The term “curation” has migrated from the physical world of art to the digital domain as we increasingly apply it in the context of our online activities. Content curation is becoming the norm for marketers and publishers as we reuse, remix and recycle text, images and video that have appeared elsewhere on the web. In fact, this blog post, inspired by another post, is in itself an example of content curation.
It looks like the meaning of curation has now moved an inch further, with a debate shaping up about the practice of identity-curation. In a thought-provoking piece for The Wall, Jeremy Garner argues that in our daily social media existence we are actually curating our virtual selves. As netizens, we tinker with our social media profiles, reinventing the way we appear in the eyes of the world, thus becoming our own identity curators. Social media allows us to be selective about the content we post, making choices about who we want to be online.

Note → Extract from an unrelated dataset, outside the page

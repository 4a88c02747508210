//! SMV models, parsed from bytes and checked.
#![tactic(auto)]

mod models;

pub use models::{SMV_LIMIT, flat_in};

Take Facebook’s Timeline, for example. You can decide which life facts to include and which ones to deliberately omit, constantly revisiting and rewriting the virtual “story of your life”, which may or may not be a far cry from the real story. Depending on your inclination, your digital life story could be a distilled version, an exaggerated yarn or pure fiction.
To complicate things even further, Garner writes that our real self and our curated self are almost two separate identities. In face-to-face communication it is easy to read a person instinctively, whereas in the digital world your curated self remains inscrutable as people often project a version of who they want to be:
“The curated self is, to a large extent, able to be controlled, even manipulated. Simply move the building blocks around a bit, or alter them, and the curated self instantly changes too. Altered perceptions will follow.”
The more time we spend in social media, the more likely we are to migrate towards our curated virtual identities, goes on Garner. According to the author, the temptation of self-curation lies in our deep-seated love for story-telling and the fact social media enables us to control the development of the narrative of our own lives:
“Human beings always love a good story, we always have done, and being able to steer the main character (think of each tweet, shared photo, blog entry etc as a new sentence, paragraph or plot twist that drives the narrative further forward) is irresistible.”
So what are your thoughts? Is social media really making us abandon our real selves to live life online? And what are the dangers, if any?